Researchers take a closer look at Warmia and Mazury regional dishes
Contrary to popular belief, traditional cuisine of Warmia and Mazury was neither too salty nor too greasy; its calorific value was due to the high energy needs of residents who worked hard in the field and on the farm - researchers from Olsztyn determined.
Dr. Jadwiga Spiel from the Scientific Centre of Good Nutrition, University of Warmia and Mazury in Olsztyn conducted extensive research on regional and traditional food of Warmia and Mazury.
"I started my research from collecting old recipes and reading cookbooks. I also obtained recipes from Olsztyn libraries, Kętrzyński Scientific Research Centre in Olsztyn, rural women organizations and from old inhabitants of these lands. The recipes were written in both Polish and German. In total, I found 825 recipes. In the course of verification I rejected, for example, the recipes that used seasoning like Vegeta, or highly processed products such as fish fillets, canned peaches, etc. In the end, I had 447 original recipes" - emphasized Dr. Jadwiga Spiel.
Finally, the researcher selected 12 regional dishes for detailed studies. She analysed the ingredients of the meals, their nutritional value, content of potentially healthy ingredients (mainly antioxidants), organoleptic properties (appearance, colour, texture, taste and smell), acceptability of foods.
"According to the recipes I recreated the dishes including, for example, barley soup on meat broth with buckwheat groats, szmurkul (stewed cabbage), mushroom soup with noodles, braised pork loin with prunes, roasted duck with apples, Mazury cold soup, potato pancakes called plince, deep-fried pastry ribbons called angel wings, Masurian carrots boiled in milk with flour, dzyndzałki - dumplings with raw beef filling" - listed the researcher.
According to the researcher, it was and probably still is believed that the Polish regional cuisine, including Warmia and Mazury cuisine, was salty and greasy. "My research partly contradicted this hypothesis. Compared with today\'s nutrition practice, cuisine of the region is not more salty. The amount of sodium chloride currently added to foods and even used in our homes is much higher. We not only usually put salt in dishes, we also add ready-made seasoning mixes, which also contain salt" - she explained.

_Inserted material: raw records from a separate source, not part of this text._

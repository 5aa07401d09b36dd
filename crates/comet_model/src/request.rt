//! Requests to the register, and their verbs.

ghost use Rattle.std.specs.Prelude.{◌≡◌};
ghost use Rattle.comet_model.specs.Requests.{verb_of, is_unknown, is_act};

use act_model::{Body, Key};

/// What a request to the register asks for.
#[derive(Clone, Copy, Debug, PartialEq, Eq)]
pub enum CometVerb {
    /// To give an object the name of a comet, by the word `comet`. It is an act.
    Comet,
    /// To ask for all comets with their objects, by the word `register`. It is a query.
    Register,
    /// To ask for a batch of 80-column lines in which designations stand in the place of comets' names, by the word
    /// `translate`. It is a query.
    Translate,
    /// A word that names nothing. It is no act.
    Unknown,
}

impl CometVerb {
    /// Whether the verb names nothing.
    pub fn is_unknown(self) -> bool
        ensures { result ≡ is_unknown self }
    {
        matches!(self, CometVerb::Unknown)
    }

    /// Whether the verb is that of an act. Any other is that of a query.
    pub fn is_act(self) -> bool
        ensures { result ≡ is_act self }
    {
        matches!(self, CometVerb::Comet)
    }
}

/// The verb that a word names, letter for letter; `Unknown` for any other word.
pub fn read_comet_verb(word: &[u8]) -> CometVerb
    ensures { result ≡ verb_of word.now }
{
    if word == b"comet".as_slice() {
        CometVerb::Comet
    } else if word == b"register".as_slice() {
        CometVerb::Register
    } else if word == b"translate".as_slice() {
        CometVerb::Translate
    } else {
        CometVerb::Unknown
    }
}

/// A request to the register: who asks, under which number of the asker's own, what is asked, and the text for it.
#[derive(Debug, Drop)]
pub struct CometRequest {
    /// The key of whoever asks.
    pub key: Key,
    /// The number, or None for a text that spells none. An act has one of 1 to 999,999,999,999,999,999.
    pub number: Option<u64>,
    /// What is asked.
    pub verb: CometVerb,
    /// The text for it.
    pub body: Body,
}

She added that the "fatness" of traditional dishes resulted from the body\'s demand for ingredients with high energy value. In the part, people worked hard and physically in the field or on their farms.
"Daily dose of energy fluctuated around 3,500 kcal and was not at all excessive. Both women and men needed a full, calorie-rich breakfast to go in a field for many hours and have the energy to work" - emphasised Dr. Jadwiga Spiel.
In the regional cuisine 100 years ago did there were no sweetened carbonated drinks we have today, drinks were made from natural products. People consumed fruit juices, compotes, and among alcoholic drinks mainly beer.
"Rural women intuitively knew what should be added to food in order to ensure their health promoting properties. The people of the region ate fresh vegetables in the summer, and in winter processed vegetables such as pickled turnips, cucumbers and cabbage. Women used the herbs from their gardens: lovage, sage, mint, marjoram. Meat was a delicacy, eaten on special occasions, and cold cuts, which were drying up in attics or sheds, attracted children who would find every opportunity to sneak a bite cut off a small piece" - she emphasised.
Today children crave sweets, in the past with the same desire they waited for opportunities to try meats. Everyday dishes were potatoes topped with bacon or fat molten from lard. Potatoes were also eaten in the form of noodles or dumplings, and the diet included cereals: millet, buckwheat and pearl barley. It was relatively to make regional pie, because women sourced all the ingredients needed to bake from their own farms: flour, eggs, milk, fat, cottage cheese - explained the researcher.
She said that a regional menu might be as follows: for breakfast, rye bread with ham, tomatoes or cucumbers. For lunch, a slice of wholewheat bread with butter and a glass of milk or cereal coffee. For dinner, the rural woman would prepare dzyndzałki (dumplings) with buckwheat and cracklings. They could also be Warmia dzyndzałki with raw beef meat filling. For soup, Masurian borscht made with meat and vegetables broth. Afternoon snack would be a piece of Masurian Baumkuchen or Masurian cobblestone pie, hard cookies similar to gingerbread and cereal coffee. For supper - sweet millet with cherry syrup.